Llegado un punto, alcanzamos el nivel de las nubes y nos metimos entre ellas. La niebla formaba un túnel en diagonal entre el borde de la pared a un lado y el borde del precipicio al otro; el camino al menos quedaba libre de niebla y la visibilidad era óptima. De repente, la niebla se despejó y desde arriba vimos un manto de nubes donde antes había un valle verde. La sensación era increíble. Y subimos un trecho más... uno imaginaba que al final de semejante cuesta tendría que bajar, pero no fue así. Al llegar arriba, encontramos una enorme planicie. Eso es la Puna.

Comenzamos a avanzar por una ruta muy recta; el guía nos dijo que la ruta corría por un antiguo camino incaico, y que a ese tramo se lo conocía como la recta de Tin Tin. De repente, a ambos lados del camino la planicie se pobló de cardones en flor, cardones altísimos. Era el Parque Nacional los Cardones, donde nos detuvimos. Anduvimos caminando lento, mirando ejemplares centenarios de hasta 20 metros de altura, llenos de flores blancas. Y luego comenzamos a sacarnos fotos en la recta de Tin Tin. El guía me sacó una sentada a lo buda sobre el asfalto, con la recta a mis espaldas. Fue la última del viaje. Cuando subí a la camioneta, la cámara me indicó que la tarjeta estaba dañada y que no tenía más datos. Todas mis fotos se habían borrado. La prueba de que la había pasado bien a pesar de todas las peripecias se había desvanecido sobre la recta de Tin Tin. Me sentía morir.

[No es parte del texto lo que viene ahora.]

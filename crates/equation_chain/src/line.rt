//! The lines of a chain, each made from the one before.
ghost use Rattle.std.specs.Prelude.{◌≡◌, ◌+◌, ◌<◌, ◌≤◌, length, All, IfOk, IfErr, OnOk, MatchResult, Ok, slice_get, Some, None};
ghost use Rattle.coef_int.specs.Range.{IsCoefficient};
ghost use Rattle.coef_int.specs.Operations.{first_overflow};
ghost use Rattle.nc_polynomial.specs.Terms.{scaled, products};
ghost use Rattle.nc_polynomial.specs.Faults.{Explains};
ghost use Rattle.equation_chain.specs.Chains.{less_step};
ghost use Rattle.equation_chain.specs.Lines.{letters_in};
ghost use Rattle.equation_chain.specs.Faults.{IsAccepted, StepsPass, IsFirstFault, IsMemory};
ghost use Rattle.traced_rows.specs.declared.certificate.CertRow.{CertRow as StepRow};
ghost use Rattle.equation_chain.specs.Made.{IsLineBefore, GoesOn, IsLineBehind, StopsLine, Tells};

use crate::ChainFault;
use crate::step::{is_step, numbered};
use adjoint_rules::Problem;
use coef_int::negate;
use nc_polynomial::{Poly, PolyFault};
use traced_rows::{CertRow, Certificate};

/// The greatest number of letters that the lines of a chain have together.
pub const LETTER_LIMIT: usize = 10_000_000;

/// A line of a chain.
#[derive(Drop)]
pub struct Line {
    /// The denominator times the claim less the steps so far.
    pub poly: Poly,
    /// How many letters this line and those before it have together.
    pub letters: usize,
}

// How many letters the words of a polynomial have.
fn letters_in(poly: &Poly) -> usize
    ensures { result ≡ letters_in poly.now.terms }
{
    let terms = poly.terms.as_slice();
    let mut letters = 0usize;
    for term in terms {
        letters += term.1.len();
    }
    letters
}

// The fault of the step in the row with this number.
fn step_fault(number: u32, fault: PolyFault) -> ChainFault
    ensures { Tells number fault result }
{
    match fault {
        PolyFault::Overflow(overflow) => ChainFault::Overflow {
            row: number,
            overflow,
        },
        PolyFault::Size(_) => ChainFault::Size { row: number },
        PolyFault::Memory(failed) => ChainFault::Memory(failed),
    }
}

// The line less the step, whose generator is this one.
fn less_step(line: &Poly, generator: &Poly, step: &CertRow) -> Result<Poly, PolyFault>
    requires { IsCoefficient step.now.coef }
    ensures { MatchResult result (λ r. less_step line.now.terms generator.now.terms step.now ≡ Ok r.terms)
        (Explains (less_step line.now.terms generator.now.terms step.now)) }
{
    let moved = generator.left_right(&step.left, &step.right)?;
    Poly::combine(1, line, negate(step.coef), &moved)
}

// The denominator times a claim, no product of which overflows.
fn multiple_of(denominator: i128, claim: &Poly) -> Result<Poly, ChainFault>
    requires denominator { IsCoefficient denominator }
    requires products { first_overflow (products denominator claim.now.terms) ≡ None }
    ensures multiple { IfOk result (λ p. p.terms ≡ scaled denominator claim.now.terms) }
    ensures fault { IfErr result IsMemory }
{
    match claim.scale(denominator) {
        Ok(poly) => Ok(poly),
        Err(fault) => Err(step_fault(0, fault)),
    }
}

/// The first line, the denominator times the claim.
pub fn first_line(problem: &Problem, certificate: &Certificate) -> Result<Line, ChainFault>
    requires denominator { IsCoefficient certificate.now.denominator }
    requires accepted { IsAccepted problem.now certificate.now }
    ensures line { IfOk result (IsLineBefore problem.now certificate.now 0) }
    ensures fault { IfErr result IsMemory }
{
    let place = certificate.claim as usize - 1;
    let claim = problem.parts.claims.at(place);
    let poly = multiple_of(certificate.denominator, claim)?;
    let letters = letters_in(&poly);
    Ok(Line { poly, letters })
}

/// The line after the row at this place, counted from 0, where the row is a step, and None where it is no step. `line` is
/// the line after the steps before it.
pub fn next_line(
    problem: &Problem,
    certificate: &Certificate,
    place: usize,
    line: &Line,
) -> Result<Option<Line>, ChainFault>
    requires in_range { place < length certificate.now.rows }
    requires few { length certificate.now.rows ≤ 4294967295 }
    requires coefficients { All (λ r. IsCoefficient r.coef) certificate.now.rows }
    requires accepted { IsAccepted problem.now certificate.now }
    requires earlier { StepsPass problem.now certificate.now place }
    requires line { IsLineBefore problem.now certificate.now place line.now }
    ensures line { (row : StepRow) → slice_get certificate.now.rows place ≡ Some row → IfOk result (GoesOn problem.now certificate.now place row) }
    ensures passed { OnOk result (StepsPass problem.now certificate.now (place + 1)) }
    ensures fault { IfErr result (IsFirstFault problem.now certificate.now) }
{
    let row = certificate.rows.at(place);
    let Some(generator) = numbered(problem.generators.as_slice(), row.generator) else {
        return Ok(None);
    };
    if !is_step(problem, certificate.claim, generator, row) {
        return Ok(None);
    }
    let number = place as u32 + 1;
    let next = line_behind(line, generator, row, number)?;
    Ok(Some(next))
}

// The line after the step in the row with this number, whose generator is this one.
fn line_behind(
    line: &Line,
    generator: &Poly,
    step: &CertRow,
    number: u32,
) -> Result<Line, ChainFault>
    requires { IsCoefficient step.now.coef }
    ensures line { IfOk result (IsLineBehind line.now generator.now.terms step.now) }
    ensures fault { IfErr result (StopsLine line.now generator.now.terms step.now number) }
{
    match less_step(&line.poly, generator, step) {
        Ok(poly) => {
            let letters = line.letters.saturating_add(letters_in(&poly));
            if letters > LETTER_LIMIT {
                return Err(ChainFault::Long { row: number });
            }
            Ok(Line { poly, letters })
        }
        Err(fault) => Err(step_fault(number, fault)),
    }
}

Llegamos a Cachi para almorzar; nos sentamos a comer bomba de Quinoa... lamentaba tanto mis fotos... tanto esmero le había puesto!! ¿Qué diría mi padre cuando supiera que se había arruinado la tarjeta? ¿Y si el problema era la cámara? Dudas que me atormentaban. Después de comer quedó menos de una hora para recorrer. Caminé lento, entré a la iglesia, recé, lloré. Me sentía totalmente sola, ya ni siquiera podía cumplir mi misión de llevar lindas fotos para que disfruten los demás.

Cachi es pequeño, me quedé con ganas de más. Hubiera comprado unas frutas para tener más tiempo para caminarla en vez de detenerme a almorzar. Parece detenido en el tiempo, tal vez más que Purmamarca o Tilcara; me pareció que era más grande que ellas.

El retorno fue veloz, y ni bien llegué me fui a la casa de fotos a ver si mi cámara tenía arreglo. Nada que hacer. Entonces tomé una decisión: iba a ir a Cafayate, pero nada de irme sola. Iba a pagar una última excursión, y luego me volvería a Buenos Aires. Quería despedirme de Salta con alegría, y para ello necesitaba compañía. Así que fui a la agencia, me contraté la excursión, me saqué pasaje en un Balut para el otro día, y me tomé el 5A al hostal.

La señora María Eugenia se entristeció al saber lo de mis fotos, pero se alegró de mis decisiones, y sobre todo, se mostró satisfecha viendo que pese a todo, me iba a ir conociendo Salta.